//! What is noted of a processor that has come in.
ghost use Rattle.std.specs.Prelude.{◌≡◌, ◌<◌, ◌==◌, false, List, slice_get};
ghost use Rattle.std.specs.Option.{option_map_or};
ghost use Rattle.base.specs.NumberMap.{get};
ghost use Rattle.kernel_entry.specs.Visiting.{coming_of};
ghost use Rattle.kernel_entry.specs.declared.visitor.Visitor.{Visitor as AnyVisitor};
ghost use Rattle.kernel_model.specs.Application.{Booted};
ghost use Rattle.kernel_model.specs.Kernel.{Kernel};
ghost use Rattle.kernel_state.specs.Entering.{visit_of};
ghost use Rattle.kernel_state.specs.Leaving.{CanLeave};
ghost use Rattle.kernel_state.specs.Tables.{tables_of};
ghost use Rattle.kernel_state.specs.Work.{IsRanOf};
ghost use Rattle.kernel_state.specs.declared.work.Work.{Work as AnyWork};
ghost use Rattle.ns_ram.specs.declared.read.Read.{Read as AnyRead};
ghost use Rattle.own_model.specs.Own as own;
ghost use Rattle.realm_model.specs.Reading as realm;
ghost use Rattle.realm_model.specs.Realm.{client_of};
ghost use Rattle.realm_notes.specs.Arriving.{watch};
ghost use Rattle.realm_notes.specs.Noted.{AreNoted, HasNumbersLeft, session_of};
ghost use Rattle.realm_notes.specs.Realms.{is_turned_away, realm_of};
ghost use Rattle.realm_notes.specs.Replaying.{HasArrived, HasArrivedIn, IsEntryNoted, errand_at};
ghost use Rattle.session_table.specs.declared.session.Session.{Session as AnySession};

use crate::arriving::{Arrival, NewEvent, Resumed};
use crate::notes::Notes;
use crate::realm::Realm;
use base::NoMemory;
use boxed::Boxed;
use kernel_entry::Visitor;
use kernel_state::{Carried, Core, Errand, Processor, Ran, Tables};
use smc_abi::{Answer, ETHREAD_LIMIT};
use std::alloc::Global;

/// What a processor that is inside came for.
pub(crate) fn errand_of(processors: &[Processor], cpu: u8) -> Option<Errand>
    ensures { result ≡ errand_at (slice_get processors.now cpu) }
{
    match processors.get(usize::from(cpu)) {
        Some(Processor::Inside { errand, .. }) => Some(*errand),
        Some(Processor::Outside) | None => None,
    }
}

/// The answer is ETHREAD_LIMIT.
fn is_limit(answer: Answer) -> bool
    ensures { result ≡ own.is_limit answer }
{
    match answer {
        Answer::Words(code, ..) => code == ETHREAD_LIMIT,
        Answer::Alloc { .. }
        | Answer::Free { .. }
        | Answer::Cmd { .. }
        | Answer::Interrupt { .. } => false,
    }
}

/// The session is there, and this client's.
fn is_of_client(tables: &Tables, session: u32, client: u32) -> bool
    ensures { result ≡ option_map_or (λ (kept : AnySession). kept.client == client) (get tables.now.sessions.kept session) false }
{
    match tables.sessions.find(session) {
        Some(kept) => kept.client == client,
        None => false,
    }
}

/// A processor whose answer was fixed has come in with a call of the one session's client, and is turned away.
fn is_away(realm: &Realm, tables: &Tables, visitor: Visitor, answer: Answer) -> bool
    ensures { (kernel : Kernel) → tables_of tables.now ≡ kernel.tables
        → result ≡ is_turned_away kernel (realm_of realm.now) visitor.regs.a answer }
{
    match realm {
        Realm::OneSession(member) => {
            is_limit(answer) && is_of_client(tables, *member, visitor.regs.a[7])
        }
        Realm::AllSessions(_) => false,
    }
}

/// Notes that a processor has come in whose answer was fixed.
fn note_answered(notes: &mut Notes, tables: &Tables, visitor: Visitor, answer: Answer)
    requires { visitor.cpu < 8 }
    ensures noted { (kernel next : Kernel) (reads : List AnyRead) (before : realm.Notes) → tables_of tables.now ≡ kernel.tables
        → AreNoted notes.old before → AreNoted notes.new (realm.fixed_noted
        (record { kernel = kernel; next = next; visit = visit_of (coming_of visitor); reads = reads }) before answer
        (client_of (realm_of notes.old.realm))) }
    ensures realm { notes.new.realm ≡ notes.old.realm }
{
    if is_away(&notes.realm, tables, visitor, answer) {
        notes.turn_away(visitor.cpu);
    }
}

/// The kernel's session of the call that a processor carries.
fn session_of(call: &Carried) -> u32
    ensures { result ≡ session_of call.now }
{
    match call {
        Carried::Nothing => 0,
        Carried::Resting(cont) | Carried::Running(cont) => cont.session,
    }
}

/// Notes a new call that has come into a slot.
fn note_new(notes: &mut Notes, slot: u8, came: NewEvent, ran: &Ran) -> Result<(), NoMemory>
    requires slot { slot < 16 }
    requires few { HasNumbersLeft notes.old }
    ensures noted { (boot : Booted) (kernel next : Kernel) (before : realm.Notes) (visitor : AnyVisitor) (reads : List AnyRead) (work : AnyWork)
        → IsRanOf work ran.now
        → HasArrivedIn (watch boot (realm_of notes.old.realm) before kernel) next visitor reads (Arrival.New came) work slot
        → IsEntryNoted (watch boot (realm_of notes.old.realm) before kernel) notes.old notes.new next visitor reads result }
    ensures realm { notes.new.realm ≡ notes.old.realm }
{
    if notes.realm.counts(&ran.call) {
        notes.enter(slot, session_of(&ran.call), came)
    } else {
        Ok(())
    }
}

/// Notes a call that has come back into its slot.
fn note_back(
    alloc: Global,
    notes: &mut Notes,
    slot: u8,
    came: Boxed<Resumed>,
) -> Result<(), NoMemory>
    ensures noted { (boot : Booted) (kernel next : Kernel) (before : realm.Notes) (visitor : AnyVisitor) (reads : List AnyRead) (work : AnyWork)
        → HasArrivedIn (watch boot (realm_of notes.old.realm) before kernel) next visitor reads (Arrival.Back came) work slot
        → IsEntryNoted (watch boot (realm_of notes.old.realm) before kernel) notes.old notes.new next visitor reads result }
    ensures realm { notes.new.realm ≡ notes.old.realm }
{
    match notes.number_in(slot) {
        Some(number) => notes.resume(alloc, number, came.into_inner()),
        None => Ok(()),
    }
}

/// Notes what has come into a slot.
fn note_in_slot(
    alloc: Global,
    notes: &mut Notes,
    slot: u8,
    arrival: Arrival,
    ran: &Ran,
) -> Result<(), NoMemory>
    requires slot { slot < 16 }
    requires few { HasNumbersLeft notes.old }
    ensures noted { (boot : Booted) (kernel next : Kernel) (before : realm.Notes) (visitor : AnyVisitor) (reads : List AnyRead) (work : AnyWork)
        → IsRanOf work ran.now
        → HasArrivedIn (watch boot (realm_of notes.old.realm) before kernel) next visitor reads arrival work slot
        → IsEntryNoted (watch boot (realm_of notes.old.realm) before kernel) notes.old notes.new next visitor reads result }
    ensures realm { notes.new.realm ≡ notes.old.realm }
{
    match arrival {
        Arrival::New(came) => note_new(notes, slot, came, ran),
        Arrival::Back(came) => note_back(alloc, notes, slot, came),
        Arrival::Nothing => Ok(()),
    }
}

/// Notes that a processor has come in, which goes out with this.
pub(crate) fn note_entry(
    alloc: Global,
    notes: &mut Notes,
    core: &Core,
    visitor: Visitor,
    arrival: Arrival,
    ran: &Ran,
) -> Result<(), NoMemory>
    requires cpu { visitor.cpu < 8 }
    requires can { CanLeave core.now ran.now }
    requires own { ran.now.cpu ≡ visitor.cpu }
    requires few { HasNumbersLeft notes.old }
    ensures noted { (boot : Booted) (kernel next : Kernel) (before : realm.Notes) (reads : List AnyRead) (work : AnyWork)
        → IsRanOf work ran.now
        → HasArrived core.now.parts (watch boot (realm_of notes.old.realm) before kernel) next visitor reads arrival work
        → IsEntryNoted (watch boot (realm_of notes.old.realm) before kernel) notes.old notes.new next visitor reads result }
    ensures realm { notes.new.realm ≡ notes.old.realm }
{
    match errand_of(core.parts.processors.as_slice(), visitor.cpu) {
        Some(Errand::Fixed(answer)) => {
            note_answered(notes, &core.parts.tables, visitor, answer);
            Ok(())
        }
        Some(Errand::InSlot(slot)) => note_in_slot(alloc, notes, slot, arrival, ran),
        None => unreachable!(),
    }
}
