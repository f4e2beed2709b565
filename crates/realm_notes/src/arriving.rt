//! What an entry is for a realm, by what was decided of it, before it is done.
ghost use Rattle.std.specs.Prelude.{◌≡◌, ℕ, List, IfOk};
ghost use Rattle.own_model.specs.Own.{input_of};
ghost use Rattle.kernel_entry.specs.Entering.{IsPrepared, WasPrepared};
ghost use Rattle.kernel_entry.specs.Resuming.{IsSuspended};
ghost use Rattle.realm_model.specs.Reading.{Notes as NotedOf};
ghost use Rattle.realm_notes.specs.Arriving.{IsBackIn, IsRoomIn, arrival_as, arrival_of, back_as, event_in, gets_session, input_at, opens_in};
ghost use Rattle.realm_notes.specs.Calls.{planned_call};
ghost use Rattle.realm_notes.specs.Meaning.{IsArrivalOn};
ghost use Rattle.realm_notes.specs.Noted.{AreNoted};
ghost use Rattle.realm_notes.specs.Realms.{realm_of};
ghost use Rattle.resumed_calls.specs.Giving.{given_as};

use crate::calls::{ArrivingCall, SessionCall, planned_call};
use crate::notes::Notes;
use crate::realm::Realm;
use base::NoMemory;
use boxed::Boxed;
use frame_pool::Pages;
use group_model::GroupEvent;
use kernel_entry::{EntryDecision, PlannedCall, Prepared};
use kernel_state::Core;
use own_model::BackInput;
use realm_model::RealmEvent;
use rpc_cont::{Cont, Phase, ResumeInput};
use rpc_msgs::{Payload, RpcReply};
use smc_abi::Regs;
use std::alloc::Global;
use uuid::Uuid;

/// What a new call may be as an event of the realm.
#[derive(Drop)]
pub(crate) struct NewEvent {
    pub(crate) event: Boxed<RealmEvent>,
    /// Where it is an open: the UUID of the application.
    pub(crate) opens: Option<Uuid>,
    /// Whether it is an open that gets a session.
    pub(crate) gets: bool,
}

/// What a call comes back with.
#[derive(Drop)]
pub(crate) struct Back {
    /// The steps that it had done, where it sees only now that it was cancelled.
    pub(crate) seen: Option<u128>,
    /// What it is given. None of a call that was interrupted, which had asked for nothing.
    pub(crate) input: Option<BackInput>,
}

/// A call that comes back.
#[derive(Drop)]
pub(crate) struct Resumed {
    /// What it comes back with.
    pub(crate) back: Back,
    /// Where it is an open that has waited and finds its instance gone: whether there are pages for a new one.
    pub(crate) room: Option<bool>,
}

/// What an entry is for the realm of its call.
#[derive(Drop)]
pub(crate) enum Arrival {
    /// Nothing: its answer is fixed, or its call is of another.
    Nothing,
    /// A new call, which may be this.
    New(NewEvent),
    /// A call comes back.
    Back(Boxed<Resumed>),
}

/// The event that a call is in the realm's session of this number.
pub(crate) fn event_in(call: SessionCall, session: u32) -> GroupEvent
    ensures { result ≡ event_in call session }
{
    match call {
        SessionCall::Invoke { func, input, area } => GroupEvent::Invoke {
            session,
            func,
            input,
            area,
        },
        SessionCall::Close { area } => GroupEvent::Close { session, area },
        SessionCall::Cancel => GroupEvent::Cancel { session },
    }
}

/// The UUID of the application that a new call opens.
fn opens_in(call: &ArrivingCall) -> Option<Uuid>
    ensures { result ≡ opens_in call.now }
{
    match call {
        ArrivingCall::Opens(call) => Some(call.uuid),
        ArrivingCall::InSession(_) => None,
    }
}

/// Whether a new call is an open that gets a session.
fn gets_session(call: &ArrivingCall) -> bool
    ensures { result ≡ gets_session call.now }
{
    match call {
        ArrivingCall::Opens(call) => call.reserves,
        ArrivingCall::InSession(_) => false,
    }
}

/// What a new call, whose argument names this session, may be for the realm.
fn arrival_of(
    alloc: Global,
    notes: &Notes,
    session: u32,
    call: ArrivingCall,
) -> Result<Arrival, NoMemory>
    ensures { (noted : NotedOf) → AreNoted notes.now noted → IfOk result (λ arrival. arrival
        ≡ arrival_as (realm_of notes.now.realm) noted session (Some call)) }
{
    let opens = opens_in(&call);
    let gets = gets_session(&call);
    match notes.event_of(session, call) {
        Some(came) => {
            let event = Boxed::new(alloc, RealmEvent::Comes(came))?;
            Ok(Arrival::New(NewEvent { event, opens, gets }))
        }
        None => Ok(Arrival::Nothing),
    }
}

/// What a new call that is planned may be for the realm.
fn new_arrival(alloc: Global, notes: &Notes, planned: &PlannedCall) -> Result<Arrival, NoMemory>
    ensures { (noted : NotedOf) → AreNoted notes.now noted → IfOk result (λ arrival. arrival
        ≡ arrival_as (realm_of notes.now.realm) noted planned.now.entered.head.session (planned_call planned.now)) }
{
    let call = planned_call(planned)?;
    match call {
        Some(call) => arrival_of(alloc, notes, planned.entered.head.session, call),
        None => Ok(Arrival::Nothing),
    }
}

/// A reply, once more.
fn copy_of(reply: &RpcReply) -> RpcReply
    ensures { result ≡ reply.now }
{
    RpcReply {
        ret: reply.ret,
        v: reply.v,
        w: reply.w,
        size: reply.size,
        bytes: Payload::of(reply.bytes.bytes()),
    }
}

/// What a call is given, without its buffer's place.
fn input_of(alloc: Global, given: &ResumeInput) -> Result<BackInput, NoMemory>
    ensures { IfOk result (λ input. input ≡ input_of (given_as given.now)) }
{
    match given {
        ResumeInput::Nothing => Ok(BackInput::Nothing),
        ResumeInput::Buffer { .. } => Ok(BackInput::Buffer),
        ResumeInput::NoBuffer => Ok(BackInput::NoBuffer),
        ResumeInput::Reply(reply) => {
            let reply = Boxed::new(alloc, copy_of(reply))?;
            Ok(BackInput::Reply(reply))
        }
    }
}

/// What a call comes back with in this phase that is given this. One that was interrupted had asked for nothing.
fn input_at(alloc: Global, phase: Phase, given: &ResumeInput) -> Result<Option<BackInput>, NoMemory>
    ensures { IfOk result (λ input. input ≡ input_at phase (given_as given.now)) }
{
    match phase {
        Phase::Runs => Ok(None),
        Phase::Asks | Phase::Waits | Phase::Ends => {
            let input = input_of(alloc, given)?;
            Ok(Some(input))
        }
    }
}

/// What a call comes back with that was cancelled or not, and is given this.
fn back_of(
    alloc: Global,
    cont: &Cont<Pages>,
    marked: bool,
    given: &ResumeInput,
) -> Result<Back, NoMemory>
    ensures { IfOk result (λ back. back ≡ back_as cont.now marked (given_as given.now)) }
{
    let seen = if marked && !cont.cancelled {
        Some(cont.steps)
    } else {
        None
    };
    let input = input_at(alloc, cont.phase, given)?;
    Ok(Back { seen, input })
}

/// What the call comes back with that these registers name, and that is given this.
fn back_in(alloc: Global, core: &Core, regs: &Regs, given: &ResumeInput) -> Result<Back, NoMemory>
    requires { IsSuspended core.now.parts.slots regs.now.a }
    ensures { IfOk result (IsBackIn core.now.parts regs.now.a (given_as given.now)) }
{
    let slot = regs.a[3];
    let Ok(cont) = core.parts.slots.suspended_call(slot, regs.a[7]) else {
        unreachable!()
    };
    let marked = core.parts.cancellations[slot as usize].marked;
    back_of(alloc, cont, marked, given)
}

/// Whether there are pages for a new instance, where the call that these registers name finds its own gone.
fn room_in(core: &Core, realm: &Realm, regs: &Regs) -> Option<bool>
    requires { IsSuspended core.now.parts.slots regs.now.a }
    ensures { IsRoomIn core.now.parts (realm_of realm.now) regs.now.a result }
{
    let Ok(cont) = core.parts.slots.suspended_call(regs.a[3], regs.a[7]) else {
        unreachable!()
    };
    realm.room_of(core, cont)
}

/// What the call comes back as that these registers name, and that is given this.
fn resumed_in(
    alloc: Global,
    core: &Core,
    realm: &Realm,
    regs: &Regs,
    given: &ResumeInput,
) -> Result<Resumed, NoMemory>
    requires { IsSuspended core.now.parts.slots regs.now.a }
    ensures back { IfOk result (λ came. IsBackIn core.now.parts regs.now.a (given_as given.now) came.back) }
    ensures room { IfOk result (λ came. IsRoomIn core.now.parts (realm_of realm.now) regs.now.a came.room) }
{
    let room = room_in(core, realm, regs);
    let back = back_in(alloc, core, regs, given)?;
    Ok(Resumed { back, room })
}

/// What an entry with these registers, which is prepared, is for the realm of these notes.
pub(crate) fn arrival_on(
    alloc: Global,
    notes: &Notes,
    core: &Core,
    regs: &Regs,
    prepared: &Prepared,
) -> Result<Arrival, NoMemory>
    requires { WasPrepared core.now.parts regs.now.a prepared.now }
    ensures { (lane : List ℕ) → IsPrepared core.now.parts regs.now.a lane prepared.now
        → IfOk result (IsArrivalOn notes.now core.now regs.now.a lane) }
{
    match &prepared.decision {
        EntryDecision::Answers(_) => Ok(Arrival::Nothing),
        EntryDecision::Begins(planned) => new_arrival(alloc, notes, planned),
        EntryDecision::GoesOn(decided) => {
            let came = resumed_in(alloc, core, &notes.realm, regs, &decided.given)?;
            let resumed = Boxed::new(alloc, came)?;
            Ok(Arrival::Back(resumed))
        }
    }
}
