//! Names that stand for texts in the rows of a table.

use anyhow::{Context, Result};
use std::alloc::{AllocError, Global};

/// The names, and the texts that they stand for.
pub(crate) type Names = Vec<(String, String)>;

/// Puts the texts that names stand for in their places.
fn put_names(alloc: Global, text: &mut String, names: &Names) -> Result<(), AllocError> {
    for (name, piece) in names.iter().rev() {
        *text = text.as_str().replace(alloc, name.as_str(), piece.as_str())?;
    }
    Ok(())
}

/// The text of a row, with its line feeds.
pub(crate) fn spelled(alloc: Global, row: &str, names: &Names) -> Result<String, AllocError> {
    let mut text = String::from_str(alloc, row)?;
    put_names(alloc, &mut text, names)?;
    text.as_str().replace(alloc, "|", "\n")
}

/// Makes the first word stand for the text behind it.
pub(crate) fn add_name(alloc: Global, names: &mut Names, line: &str) -> Result<()> {
    let (name, piece) = line.split_once(' ').unwrap_or((line, ""));
    let name = String::from_str(alloc, name)?;
    let piece = String::from_str(alloc, piece)?;
    names.push((name, piece)).context("adding a name")
}
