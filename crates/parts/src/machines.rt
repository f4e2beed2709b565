//! Runs the code of an application's invoke, and tells why it stopped.

ghost use Rattle.std.specs.Prelude.{◌≡◌, None, IfOk};
ghost use Rattle.ta_isa.specs.Spelling.{IsValid};

use crate::number;
use anyhow::{Context, Error, Result};
use std::alloc::{AllocError, Global};
use std::fmt::Write;
use ta_isa::{Image, decode_image};
use ta_params::{Buf, CopiedParams, GpParam, Login, Way};
use ta_step::{Machine, Plain, Stop, TaMemory};

/// The bytes of one page.
const PAGE_BYTES: u32 = 4096;

/// The entry point of an invoke.
const INVOKE: u8 = 2;

/// The grants that a case has at most.
const MOST_GRANTS: u32 = 8;

/// The image that these hexadecimal digits are.
fn image_of(alloc: Global, digits: &str) -> Result<Image>
    ensures { IfOk result IsValid }
{
    let bytes = hex::decode(alloc, digits)?;
    decode_image(alloc, bytes.as_slice()).context("reading an image")
}

/// A page whose byte 1 is 2.
fn page(alloc: Global) -> Result<Plain> {
    let mut memory = Plain::new(alloc, PAGE_BYTES)?;
    memory.store(1, 2);
    Ok(memory)
}

/// The machine of an invoke of this function, with context 0.
fn invoked(image: &Image, memory: Plain, params: CopiedParams, func: u32) -> Machine<Plain>
    ensures { result.asked ≡ None }
{
    let login = Login {
        client: [7; 16],
        kind: 4,
    };
    let first = [func, params.type_word(), 0];
    Machine::start(image, memory, params, login, INVOKE, first)
}

/// Runs the image's invoke with no parameters: how it stopped after how many steps.
fn only_stop(image: &Image, memory: Plain, steps: u32) -> (Stop, u32)
    requires { IsValid image.now }
{
    let params = CopiedParams {
        p0: GpParam::Empty,
        p1: GpParam::Empty,
        p2: GpParam::Empty,
        p3: GpParam::Empty,
    };
    invoked(image, memory, params, 0).run(image, steps)
}

/// The parameters of a case: two numbers that come in and go out, twenty zeros that do, and two numbers that come in.
fn case_params(alloc: Global) -> Result<CopiedParams, AllocError> {
    let zeros = vec![in alloc; 0; 20]?;
    Ok(CopiedParams {
        p0: GpParam::Value {
            way: Way::Inout,
            a: 5,
            b: 7,
        },
        p1: GpParam::Memref {
            way: Way::Inout,
            buf: Buf::of(zeros),
            size: 20,
        },
        p2: GpParam::Value {
            way: Way::In,
            a: 5,
            b: 7,
        },
        p3: GpParam::Empty,
    })
}

/// Runs to the next stop, answers what was asked for there, and says how it stopped after how many steps.
fn next_stop(machine: &mut Machine<Plain>, image: &Image, steps: u32) -> (Stop, u32)
    requires valid { IsValid image.now }
    requires unasked { machine.old.asked ≡ None }
    ensures { machine.new.asked ≡ None }
{
    let (stop, used) = machine.run(image, steps);
    if machine.asked().is_some() {
        machine.answer(7, 0x200, 0x100);
    }
    (stop, used)
}

/// Runs a case to its end, or to its last grant, and tells its stops.
fn tell_stops(
    told: &mut String,
    machine: &mut Machine<Plain>,
    image: &Image,
    steps: u32,
) -> Result<(), AllocError>
    requires valid { IsValid image.now }
    requires unasked { machine.old.asked ≡ None }
{
    'grants: for _ in 0..MOST_GRANTS {
        let (stop, used) = next_stop(machine, image, steps);
        write!(told, "{stop:?} after {used}")?;
        if matches!(stop, Stop::Ended { .. } | Stop::Panicked(_)) {
            break 'grants;
        }
        told.push_str(", ")?;
    }
    Ok(())
}

/// Tells what a case leaves of its first two parameters.
fn tell_left(told: &mut String, params: &CopiedParams) -> Result<(), AllocError> {
    write!(told, "; {:?}; {:?}", params.p0, params.p1)
}

/// Runs a case, and tells its stops and what it leaves.
fn tell_run(
    told: &mut String,
    mut machine: Machine<Plain>,
    image: &Image,
    steps: u32,
) -> Result<(), AllocError>
    requires valid { IsValid image.now }
    requires unasked { machine.asked ≡ None }
{
    tell_stops(told, &mut machine, image, steps)?;
    tell_left(told, &machine.finish().1)
}

/// Invokes a function of an image, cancelled or not, by grants of so many steps, and tells how that went.
fn tell_invoke(
    alloc: Global,
    told: &mut String,
    image: &Image,
    func: u32,
    steps: u32,
    is_cancelled: bool,
) -> Result<()>
    requires { IsValid image.now }
{
    let memory = page(alloc)?;
    let params = case_params(alloc)?;
    let mut machine = invoked(image, memory, params, func);
    if is_cancelled {
        machine.see_cancel();
    }
    Ok(tell_run(told, machine, image, steps)?)
}

/// Tells the case of five words: its name, an image, the function to invoke, how many steps a grant has, and `cancelled`
/// where the call is.
fn tell_case(alloc: Global, told: &mut String, words: &[&str]) -> Result<()> {
    let [name, image, func, steps, call] = words else {
        return Err(Error::msg("a case has five words"));
    };
    write!(told, "{name}: ")?;
    let (func, steps) = (number(func)?, number(steps)?);
    let image = image_of(alloc, image)?;
    tell_invoke(alloc, told, &image, func, steps, *call == "cancelled")
}

/// What the case of a row tells.
pub(crate) fn told(alloc: Global, row: &str) -> Result<String> {
    let words: Vec<&str> = row.split(' ').collect(alloc)?;
    let mut told = String::new(alloc);
    tell_case(alloc, &mut told, words.as_slice())?;
    Ok(told)
}

/// How an image's invoke stopped in one grant of so many steps.
pub(crate) fn stop_told(alloc: Global, image: &str, steps: &str) -> Result<String> {
    let steps = number(steps)?;
    let image = image_of(alloc, image)?;
    let (stop, used) = only_stop(&image, page(alloc)?, steps);
    format!(in alloc; "{stop:?} after {used}").context("telling how it stopped")
}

• **DIRECTIONS FOR THIS TASK**: Each line in the material with "replace" in it must be reported.

• **SOLUTION FOR THIS EXERCISE**:
        *text = text.as_str().replace(alloc, name.as_str(), piece.as_str())?;
    text.as_str().replace(alloc, "|", "\n")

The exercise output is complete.